■ INSTRUCTIONS FOR THE TASK ■
Some of the lines below need repeating. Reproduce exactly those between the lines holding "select a preset." and "(preset_bank.new, preset.new) ≡", inclusive.

■ AVAILABLE DATA ■
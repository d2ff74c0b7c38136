//! The calls of banks.
ghost use Rattle.std.specs.Prelude.{◌≡◌, ◌∷◌, [], pos, length};
ghost use Rattle.bank_format.specs.ReadChecks.{fault_of};
ghost use Rattle.sfbank_c.specs.BankSlots.{bank_in, open_status, closed_status};
ghost use Rattle.bank_changes.specs.Members.{head_of};
ghost use Rattle.sfbank_c.specs.Banks.{opened, read_status, of_bank, list_of, list_status, count_in, member_name, name_status};
ghost use Rattle.sfbank_c.specs.Banks.{text_of_name, head_status, numbers_of};

use crate::bank_handle::BankHandle;
use crate::bank_slots::{check_no_bank, put_bank, take_bank};
use crate::open_bank::open_bank;
use crate::status::{BAD_LENGTH, BAD_LIST, NO_MEMBER, OK, OUT_OF_MEMORY};
use bank_core::{Bank, List};
use sf_base::Name20;
use sf_base::limits::NAME_LENGTH;
use std::alloc::Global;

/// The bytes of a name, and a zero byte.
const NAME_SIZE: usize = NAME_LENGTH + 1;

/// Opens the bank in a file. The bytes stay where they are, unchanged, while a bank or player borrows from them.
#[unsafe(no_mangle)]
pub extern "C" fn sfbank_abi_open(
    alloc: Global,
    file: &'static [u8],
    banks: &mut [BankHandle],
) -> i32
    ensures status { (result ≡ OUT_OF_MEMORY → ⊥) → result ≡ closed_status banks.old (read_status (fault_of file.now)) }
    ensures memory { result ≡ OUT_OF_MEMORY → closed_status banks.old (pos 0) ≡ pos 0 }
    ensures opened { result ≡ pos 0 → bank_in banks.new ≡ opened file.now ∷ [] }
    ensures refused { (result ≡ pos 0 → ⊥) → bank_in banks.new ≡ bank_in banks.old }
{
    match check_no_bank(banks) {
        Ok(()) => {}
        Err(why) => return why,
    }
    match open_bank(alloc, file) {
        Ok(bank) => {
            put_bank(banks, bank);
            OK
        }
        Err(fault) => fault,
    }
}

/// Closes the handle of a bank, if it is open.
#[unsafe(no_mangle)]
pub extern "C" fn sfbank_abi_close(alloc: Global, banks: &mut [BankHandle]) -> i32
    ensures status { result ≡ open_status banks.old (pos 0) }
    ensures closed { bank_in banks.new ≡ [] }
{
    match take_bank(alloc, banks) {
        Ok(bank) => {
            drop(bank);
            OK
        }
        Err(why) => why,
    }
}

/// Counts the members of a list: 0 for presets, 1 for instruments, 2 for samples.
#[unsafe(no_mangle)]
pub extern "C" fn sfbank_abi_count(
    alloc: Global,
    banks: &mut [BankHandle],
    list: u32,
    count: &mut usize,
) -> i32
    ensures status { result ≡ open_status banks.old (list_status (list_of list)) }
    ensures counted { result ≡ pos 0 → count.new ≡ of_bank 0 (count_in (list_of list)) (bank_in banks.old) }
    ensures unchanged { (result ≡ pos 0 → ⊥) → count.new ≡ count.old }
    ensures bank { bank_in banks.new ≡ bank_in banks.old }
{
    match take_bank(alloc, banks) {
        Ok(bank) => {
            let status = write_count(bank.session.bank(), list, count);
            put_bank(banks, bank);
            status
        }
        Err(why) => why,
    }
}

/// Writes the name of a member of a list, with zero bytes after it: 21 bytes.
#[unsafe(no_mangle)]
pub extern "C" fn sfbank_abi_name(
    alloc: Global,
    banks: &mut [BankHandle],
    list: u32,
    number: u32,
    name: &mut [u8],
) -> i32
    ensures status { result ≡ open_status banks.old (of_bank (pos 0) (λ b. name_status (length name.old) (member_name (list_of list) number b)) (bank_in banks.old)) }
    ensures named { result ≡ pos 0 → name.new ≡ of_bank [] (λ b. text_of_name (member_name (list_of list) number b)) (bank_in banks.old) }
    ensures unchanged { (result ≡ pos 0 → ⊥) → name.new ≡ name.old }
    ensures bank { bank_in banks.new ≡ bank_in banks.old }
{
    match take_bank(alloc, banks) {
        Ok(bank) => {
            let status = write_name(bank.session.bank(), list, number, name);
            put_bank(banks, bank);
            status
        }
        Err(why) => why,
    }
}

/// Returns the numbers by which notes select a preset.
#[unsafe(no_mangle)]
pub extern "C" fn sfbank_abi_preset(
    alloc: Global,
    banks: &mut [BankHandle],
    number: u32,
    preset_bank: &mut u16,
    preset: &mut u16,
) -> i32
    ensures status { result ≡ open_status banks.old (of_bank (pos 0) (λ b. head_status (head_of b number)) (bank_in banks.old)) }
    ensures numbers { result ≡ pos 0 → (preset_bank.new, preset.new) ≡ of_bank (0, 0) (λ b. numbers_of (head_of b number)) (bank_in banks.old) }
    ensures unchanged { (result ≡ pos 0 → ⊥) → (preset_bank.new ≡ preset_bank.old) × (preset.new ≡ preset.old) }
    ensures bank { bank_in banks.new ≡ bank_in banks.old }
{
    match take_bank(alloc, banks) {
        Ok(bank) => {
            let head = bank.session.bank().head(number);
            put_bank(banks, bank);
            let Some(head) = head else {
                return NO_MEMBER;
            };
            *preset_bank = head.bank;
            *preset = head.number;
            OK
        }
        Err(why) => why,
    }
}

// The list with this number.
fn list_of(list: u32) -> Option<List>
    ensures { result ≡ list_of list }
{
    match list {
        0 => Some(List::Presets),
        1 => Some(List::Instruments),
        2 => Some(List::Samples),
        _ => None,
    }
}

fn write_count(bank: &Bank<'_>, list: u32, count: &mut usize) -> i32
    ensures status { result ≡ list_status (list_of list) }
    ensures counted { result ≡ pos 0 → count.new ≡ count_in (list_of list) bank.now }
    ensures unchanged { (result ≡ pos 0 → ⊥) → count.new ≡ count.old }
{
    match list_of(list) {
        Some(list) => {
            *count = bank.count(list);
            OK
        }
        None => BAD_LIST,
    }
}

fn write_name(bank: &Bank<'_>, list: u32, number: u32, out: &mut [u8]) -> i32
    ensures status { result ≡ name_status (length out.old) (member_name (list_of list) number bank.now) }
    ensures named { result ≡ pos 0 → out.new ≡ text_of_name (member_name (list_of list) number bank.now) }
    ensures unchanged { (result ≡ pos 0 → ⊥) → out.new ≡ out.old }
{
    match name_in(bank, list_of(list), number) {
        Ok(name) => {
            if out.len() != NAME_SIZE {
                return BAD_LENGTH;
            }
            out[..NAME_LENGTH].copy_from_slice(&name.filled());
            out[NAME_LENGTH] = 0;
            OK
        }
        Err(why) => why,
    }
}

// The name of a member, or the error.
fn name_in(bank: &Bank<'_>, list: Option<List>, number: u32) -> Result<Name20, i32>
    ensures { result ≡ member_name list number bank.now }
{
    let name = match list {
        Some(List::Presets) => bank.head(number).map(|head| head.name),
        Some(List::Instruments) => bank.inst_name(number),
        Some(List::Samples) => bank.sample(number).map(|sample| sample.name),
        None => return Err(BAD_LIST),
    };
    name.ok_or(NO_MEMBER)
}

■ ANSWER FOR THIS EXERCISE ■
/// Returns the numbers by which notes select a preset.
#[unsafe(no_mangle)]
pub extern "C" fn sfbank_abi_preset(
    alloc: Global,
    banks: &mut [BankHandle],
    number: u32,
    preset_bank: &mut u16,
    preset: &mut u16,
) -> i32
    ensures status { result ≡ open_status banks.old (of_bank (pos 0) (λ b. head_status (head_of b number)) (bank_in banks.old)) }
    ensures numbers { result ≡ pos 0 → (preset_bank.new, preset.new) ≡ of_bank (0, 0) (λ b. numbers_of (head_of b number)) (bank_in banks.old) }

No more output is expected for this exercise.